───── Material provided ─────

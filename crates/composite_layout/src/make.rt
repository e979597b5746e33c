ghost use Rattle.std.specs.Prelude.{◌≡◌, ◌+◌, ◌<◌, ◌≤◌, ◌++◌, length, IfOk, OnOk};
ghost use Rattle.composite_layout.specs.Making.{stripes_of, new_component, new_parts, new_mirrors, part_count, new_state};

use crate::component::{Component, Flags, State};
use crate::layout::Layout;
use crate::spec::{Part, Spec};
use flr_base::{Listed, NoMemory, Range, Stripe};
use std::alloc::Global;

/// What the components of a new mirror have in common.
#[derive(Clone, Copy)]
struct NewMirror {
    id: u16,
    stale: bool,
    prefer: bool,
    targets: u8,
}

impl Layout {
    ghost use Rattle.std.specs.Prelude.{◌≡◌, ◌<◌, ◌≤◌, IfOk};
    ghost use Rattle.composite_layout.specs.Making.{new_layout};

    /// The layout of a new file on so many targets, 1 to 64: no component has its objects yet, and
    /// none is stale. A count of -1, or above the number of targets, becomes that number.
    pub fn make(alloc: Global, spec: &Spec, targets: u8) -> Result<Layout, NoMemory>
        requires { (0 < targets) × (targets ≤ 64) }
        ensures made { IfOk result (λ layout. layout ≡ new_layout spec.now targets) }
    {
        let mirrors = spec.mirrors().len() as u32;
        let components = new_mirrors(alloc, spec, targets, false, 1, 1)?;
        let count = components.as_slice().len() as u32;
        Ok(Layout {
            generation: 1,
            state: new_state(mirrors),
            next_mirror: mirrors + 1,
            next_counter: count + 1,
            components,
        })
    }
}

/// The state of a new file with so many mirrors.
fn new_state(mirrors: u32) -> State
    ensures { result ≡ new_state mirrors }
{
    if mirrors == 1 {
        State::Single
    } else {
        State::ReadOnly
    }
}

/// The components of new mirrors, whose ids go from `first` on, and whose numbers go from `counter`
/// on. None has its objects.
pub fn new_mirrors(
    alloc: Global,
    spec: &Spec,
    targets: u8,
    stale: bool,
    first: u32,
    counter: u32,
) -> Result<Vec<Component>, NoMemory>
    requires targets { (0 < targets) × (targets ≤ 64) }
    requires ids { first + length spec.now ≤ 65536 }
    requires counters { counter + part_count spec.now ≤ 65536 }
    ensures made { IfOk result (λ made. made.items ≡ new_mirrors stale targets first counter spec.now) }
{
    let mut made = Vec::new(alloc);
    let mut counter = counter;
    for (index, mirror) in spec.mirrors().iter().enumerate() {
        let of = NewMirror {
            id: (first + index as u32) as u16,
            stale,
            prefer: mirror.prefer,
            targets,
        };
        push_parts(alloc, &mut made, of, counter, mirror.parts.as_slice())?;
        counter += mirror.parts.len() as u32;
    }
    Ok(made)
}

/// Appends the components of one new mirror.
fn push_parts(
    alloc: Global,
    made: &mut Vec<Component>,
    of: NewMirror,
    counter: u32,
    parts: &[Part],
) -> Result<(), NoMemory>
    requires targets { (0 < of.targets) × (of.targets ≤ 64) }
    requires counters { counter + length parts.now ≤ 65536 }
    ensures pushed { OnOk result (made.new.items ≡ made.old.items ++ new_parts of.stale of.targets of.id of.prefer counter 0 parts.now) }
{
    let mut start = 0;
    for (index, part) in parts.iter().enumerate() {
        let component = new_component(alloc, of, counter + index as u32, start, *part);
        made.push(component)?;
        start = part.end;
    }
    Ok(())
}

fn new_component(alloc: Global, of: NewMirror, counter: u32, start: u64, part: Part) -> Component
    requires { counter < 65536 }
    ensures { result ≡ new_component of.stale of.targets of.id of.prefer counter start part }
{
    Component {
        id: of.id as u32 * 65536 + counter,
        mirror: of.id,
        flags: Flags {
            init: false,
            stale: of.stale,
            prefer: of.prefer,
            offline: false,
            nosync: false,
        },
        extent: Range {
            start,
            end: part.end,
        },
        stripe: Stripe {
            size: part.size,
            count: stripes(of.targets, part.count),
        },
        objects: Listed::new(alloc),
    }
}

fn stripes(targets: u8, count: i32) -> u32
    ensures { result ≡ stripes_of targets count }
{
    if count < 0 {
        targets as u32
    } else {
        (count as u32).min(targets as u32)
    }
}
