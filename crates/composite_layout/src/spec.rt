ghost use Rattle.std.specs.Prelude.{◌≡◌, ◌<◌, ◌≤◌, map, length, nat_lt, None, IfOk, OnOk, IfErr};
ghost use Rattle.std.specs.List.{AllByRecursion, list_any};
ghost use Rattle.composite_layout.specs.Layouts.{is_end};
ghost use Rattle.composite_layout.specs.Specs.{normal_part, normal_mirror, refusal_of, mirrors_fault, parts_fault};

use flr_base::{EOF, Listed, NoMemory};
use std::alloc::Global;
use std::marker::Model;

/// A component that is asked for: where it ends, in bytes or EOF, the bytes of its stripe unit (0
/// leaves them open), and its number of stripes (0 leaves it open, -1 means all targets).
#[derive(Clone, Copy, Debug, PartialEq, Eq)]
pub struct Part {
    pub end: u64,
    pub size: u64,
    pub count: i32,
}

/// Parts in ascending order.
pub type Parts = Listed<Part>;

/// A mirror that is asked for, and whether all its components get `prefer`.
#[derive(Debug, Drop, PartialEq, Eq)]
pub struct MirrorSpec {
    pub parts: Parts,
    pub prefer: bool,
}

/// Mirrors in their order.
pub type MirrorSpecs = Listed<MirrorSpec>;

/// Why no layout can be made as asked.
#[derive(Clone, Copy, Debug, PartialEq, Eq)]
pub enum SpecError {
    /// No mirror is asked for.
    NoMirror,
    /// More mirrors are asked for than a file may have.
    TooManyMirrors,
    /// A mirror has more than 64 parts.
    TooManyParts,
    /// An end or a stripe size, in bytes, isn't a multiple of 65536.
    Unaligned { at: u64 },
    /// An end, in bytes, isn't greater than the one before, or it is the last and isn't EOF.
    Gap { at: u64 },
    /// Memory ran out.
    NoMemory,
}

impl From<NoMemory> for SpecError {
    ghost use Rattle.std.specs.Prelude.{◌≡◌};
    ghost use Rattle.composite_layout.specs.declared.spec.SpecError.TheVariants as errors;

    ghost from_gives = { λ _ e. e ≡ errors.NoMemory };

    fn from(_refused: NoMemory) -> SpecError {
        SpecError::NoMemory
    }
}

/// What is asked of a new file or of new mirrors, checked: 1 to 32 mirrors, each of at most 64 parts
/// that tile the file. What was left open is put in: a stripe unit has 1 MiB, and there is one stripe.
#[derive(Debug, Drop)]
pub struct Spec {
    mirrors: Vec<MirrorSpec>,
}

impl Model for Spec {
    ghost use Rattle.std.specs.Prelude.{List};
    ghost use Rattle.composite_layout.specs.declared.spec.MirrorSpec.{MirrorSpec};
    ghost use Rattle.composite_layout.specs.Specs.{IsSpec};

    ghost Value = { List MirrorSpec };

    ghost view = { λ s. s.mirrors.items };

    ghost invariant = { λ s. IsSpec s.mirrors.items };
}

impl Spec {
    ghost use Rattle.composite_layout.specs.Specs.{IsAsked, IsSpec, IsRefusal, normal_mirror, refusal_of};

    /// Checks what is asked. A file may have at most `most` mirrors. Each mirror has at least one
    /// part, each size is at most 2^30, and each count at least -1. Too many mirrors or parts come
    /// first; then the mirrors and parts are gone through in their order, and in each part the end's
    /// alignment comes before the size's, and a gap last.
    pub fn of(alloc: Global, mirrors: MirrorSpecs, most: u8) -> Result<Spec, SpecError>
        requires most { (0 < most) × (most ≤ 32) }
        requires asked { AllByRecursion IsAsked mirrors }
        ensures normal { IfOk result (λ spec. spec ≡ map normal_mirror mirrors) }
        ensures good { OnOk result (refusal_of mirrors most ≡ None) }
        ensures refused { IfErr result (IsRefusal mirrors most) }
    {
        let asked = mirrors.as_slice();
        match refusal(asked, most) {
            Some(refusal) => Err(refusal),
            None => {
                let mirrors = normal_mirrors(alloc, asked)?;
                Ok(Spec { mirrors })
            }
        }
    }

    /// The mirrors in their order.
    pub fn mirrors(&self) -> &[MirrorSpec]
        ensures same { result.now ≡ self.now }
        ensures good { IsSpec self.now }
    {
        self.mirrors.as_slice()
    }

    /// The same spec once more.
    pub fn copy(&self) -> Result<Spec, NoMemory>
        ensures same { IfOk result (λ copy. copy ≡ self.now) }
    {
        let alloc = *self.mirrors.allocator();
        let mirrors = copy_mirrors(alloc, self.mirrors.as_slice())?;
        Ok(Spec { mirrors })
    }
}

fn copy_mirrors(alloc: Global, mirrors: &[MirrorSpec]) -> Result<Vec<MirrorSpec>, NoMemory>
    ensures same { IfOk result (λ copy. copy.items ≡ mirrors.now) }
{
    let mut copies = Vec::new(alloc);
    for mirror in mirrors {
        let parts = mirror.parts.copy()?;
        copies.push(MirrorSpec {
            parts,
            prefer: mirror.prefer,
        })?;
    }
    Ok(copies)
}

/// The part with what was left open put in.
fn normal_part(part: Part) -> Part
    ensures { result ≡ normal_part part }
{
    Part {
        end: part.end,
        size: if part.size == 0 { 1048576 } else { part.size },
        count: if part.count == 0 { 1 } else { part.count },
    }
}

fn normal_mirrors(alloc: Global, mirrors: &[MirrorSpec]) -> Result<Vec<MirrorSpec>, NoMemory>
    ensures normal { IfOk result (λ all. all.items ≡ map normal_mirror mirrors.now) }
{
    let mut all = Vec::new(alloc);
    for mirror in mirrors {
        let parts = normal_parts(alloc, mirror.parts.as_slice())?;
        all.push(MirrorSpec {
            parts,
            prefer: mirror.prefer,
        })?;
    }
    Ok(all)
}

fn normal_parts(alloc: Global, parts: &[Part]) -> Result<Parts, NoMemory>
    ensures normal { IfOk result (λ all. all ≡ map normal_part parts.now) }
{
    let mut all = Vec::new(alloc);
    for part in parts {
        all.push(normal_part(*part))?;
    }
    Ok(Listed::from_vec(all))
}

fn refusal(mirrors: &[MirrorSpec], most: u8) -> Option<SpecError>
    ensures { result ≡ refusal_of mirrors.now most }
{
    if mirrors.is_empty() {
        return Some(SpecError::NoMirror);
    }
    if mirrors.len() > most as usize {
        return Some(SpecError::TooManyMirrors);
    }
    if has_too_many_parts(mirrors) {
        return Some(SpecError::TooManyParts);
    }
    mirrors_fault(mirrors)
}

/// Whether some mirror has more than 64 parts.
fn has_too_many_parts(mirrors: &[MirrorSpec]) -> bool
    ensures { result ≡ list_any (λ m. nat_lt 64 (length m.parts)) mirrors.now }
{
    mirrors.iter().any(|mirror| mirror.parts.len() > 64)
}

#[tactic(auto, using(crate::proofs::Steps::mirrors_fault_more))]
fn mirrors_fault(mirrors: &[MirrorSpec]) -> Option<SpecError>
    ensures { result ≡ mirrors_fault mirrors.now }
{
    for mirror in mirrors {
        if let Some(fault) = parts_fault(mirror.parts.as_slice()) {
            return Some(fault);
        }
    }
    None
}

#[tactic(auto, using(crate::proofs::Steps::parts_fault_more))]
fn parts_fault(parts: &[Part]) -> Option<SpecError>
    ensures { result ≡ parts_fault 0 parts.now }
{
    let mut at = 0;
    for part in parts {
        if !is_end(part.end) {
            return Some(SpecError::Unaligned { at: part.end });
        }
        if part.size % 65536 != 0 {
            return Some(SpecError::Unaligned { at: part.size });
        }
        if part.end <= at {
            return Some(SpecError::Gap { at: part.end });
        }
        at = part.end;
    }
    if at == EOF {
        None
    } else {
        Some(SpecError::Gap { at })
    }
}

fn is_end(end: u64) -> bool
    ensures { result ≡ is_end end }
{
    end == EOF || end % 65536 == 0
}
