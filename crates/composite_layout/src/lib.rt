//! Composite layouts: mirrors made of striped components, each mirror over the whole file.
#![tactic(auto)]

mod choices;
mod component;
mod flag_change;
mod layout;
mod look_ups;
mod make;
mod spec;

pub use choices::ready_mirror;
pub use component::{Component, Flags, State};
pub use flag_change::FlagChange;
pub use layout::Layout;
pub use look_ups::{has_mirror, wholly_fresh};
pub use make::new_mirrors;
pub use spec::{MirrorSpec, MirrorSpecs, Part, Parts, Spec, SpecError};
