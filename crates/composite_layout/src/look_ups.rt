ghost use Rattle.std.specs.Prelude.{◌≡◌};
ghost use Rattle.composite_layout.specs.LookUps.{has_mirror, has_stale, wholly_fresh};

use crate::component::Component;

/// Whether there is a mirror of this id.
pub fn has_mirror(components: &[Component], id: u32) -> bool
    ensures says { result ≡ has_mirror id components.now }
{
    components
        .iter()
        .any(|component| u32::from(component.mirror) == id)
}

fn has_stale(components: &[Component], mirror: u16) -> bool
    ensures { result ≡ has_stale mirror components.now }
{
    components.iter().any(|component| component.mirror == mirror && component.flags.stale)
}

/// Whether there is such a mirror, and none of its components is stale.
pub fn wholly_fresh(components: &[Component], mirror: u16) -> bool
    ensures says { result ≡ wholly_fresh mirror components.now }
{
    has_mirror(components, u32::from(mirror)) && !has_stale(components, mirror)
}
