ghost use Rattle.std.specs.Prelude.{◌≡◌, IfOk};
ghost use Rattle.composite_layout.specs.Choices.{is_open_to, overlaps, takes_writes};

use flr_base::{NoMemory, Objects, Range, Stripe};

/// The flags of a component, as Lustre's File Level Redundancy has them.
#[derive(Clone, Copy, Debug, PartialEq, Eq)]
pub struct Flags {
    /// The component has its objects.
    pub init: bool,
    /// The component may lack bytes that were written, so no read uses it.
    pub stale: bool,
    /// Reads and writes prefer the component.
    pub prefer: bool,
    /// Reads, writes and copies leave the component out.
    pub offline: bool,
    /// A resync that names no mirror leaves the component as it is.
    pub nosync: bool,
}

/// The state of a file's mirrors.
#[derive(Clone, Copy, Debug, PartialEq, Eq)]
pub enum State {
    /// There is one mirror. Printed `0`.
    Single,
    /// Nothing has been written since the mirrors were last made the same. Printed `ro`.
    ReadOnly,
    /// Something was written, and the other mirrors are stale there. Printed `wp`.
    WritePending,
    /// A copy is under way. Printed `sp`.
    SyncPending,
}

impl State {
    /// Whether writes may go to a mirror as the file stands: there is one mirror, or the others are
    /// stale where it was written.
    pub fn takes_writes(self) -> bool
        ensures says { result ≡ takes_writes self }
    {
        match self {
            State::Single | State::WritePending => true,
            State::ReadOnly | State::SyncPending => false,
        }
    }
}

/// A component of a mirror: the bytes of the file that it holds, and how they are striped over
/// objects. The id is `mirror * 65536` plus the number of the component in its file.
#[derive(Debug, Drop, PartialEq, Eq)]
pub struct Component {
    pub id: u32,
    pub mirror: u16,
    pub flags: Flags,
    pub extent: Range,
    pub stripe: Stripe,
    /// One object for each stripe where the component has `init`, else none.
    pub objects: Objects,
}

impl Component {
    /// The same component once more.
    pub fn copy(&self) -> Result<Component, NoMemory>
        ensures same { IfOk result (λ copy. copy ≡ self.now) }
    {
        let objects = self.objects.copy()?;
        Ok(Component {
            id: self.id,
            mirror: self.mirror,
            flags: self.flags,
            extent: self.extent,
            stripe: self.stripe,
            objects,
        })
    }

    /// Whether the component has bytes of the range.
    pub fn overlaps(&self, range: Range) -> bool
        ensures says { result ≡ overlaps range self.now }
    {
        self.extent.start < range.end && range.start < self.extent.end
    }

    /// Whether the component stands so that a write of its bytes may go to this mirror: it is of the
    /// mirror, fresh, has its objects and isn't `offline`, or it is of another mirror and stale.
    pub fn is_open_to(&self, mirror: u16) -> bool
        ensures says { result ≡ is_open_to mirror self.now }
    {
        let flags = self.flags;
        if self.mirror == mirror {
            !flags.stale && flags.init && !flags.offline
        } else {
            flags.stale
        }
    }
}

─────

Looking back over the data above, restate word for word the lines that begin at the line with "mod layout;" and end at the line with "Redundancy has them.", inclusive.

mod layout;
mod look_ups;
mod make;
mod spec;

pub use choices::ready_mirror;
pub use component::{Component, Flags, State};
pub use flag_change::FlagChange;
pub use layout::Layout;
pub use look_ups::{has_mirror, wholly_fresh};
pub use make::new_mirrors;
pub use spec::{MirrorSpec, MirrorSpecs, Part, Parts, Spec, SpecError};
filename crates/composite_layout/src/look_ups.rt
ghost use Rattle.std.specs.Prelude.{◌≡◌};
ghost use Rattle.composite_layout.specs.LookUps.{has_mirror, has_stale, wholly_fresh};

use crate::component::Component;

/// Whether there is a mirror of this id.
pub fn has_mirror(components: &[Component], id: u32) -> bool
    ensures says { result ≡ has_mirror id components.now }
{
    components
        .iter()
        .any(|component| u32::from(component.mirror) == id)
}

fn has_stale(components: &[Component], mirror: u16) -> bool
    ensures { result ≡ has_stale mirror components.now }
{
    components.iter().any(|component| component.mirror == mirror && component.flags.stale)
}

/// Whether there is such a mirror, and none of its components is stale.
pub fn wholly_fresh(components: &[Component], mirror: u16) -> bool
    ensures says { result ≡ wholly_fresh mirror components.now }
{
    has_mirror(components, u32::from(mirror)) && !has_stale(components, mirror)
}
ghost use Rattle.std.specs.Prelude.{◌≡◌, IfOk};
ghost use Rattle.composite_layout.specs.Choices.{is_open_to, overlaps, takes_writes};

use flr_base::{NoMemory, Objects, Range, Stripe};

/// The flags of a component, as Lustre's File Level Redundancy has them.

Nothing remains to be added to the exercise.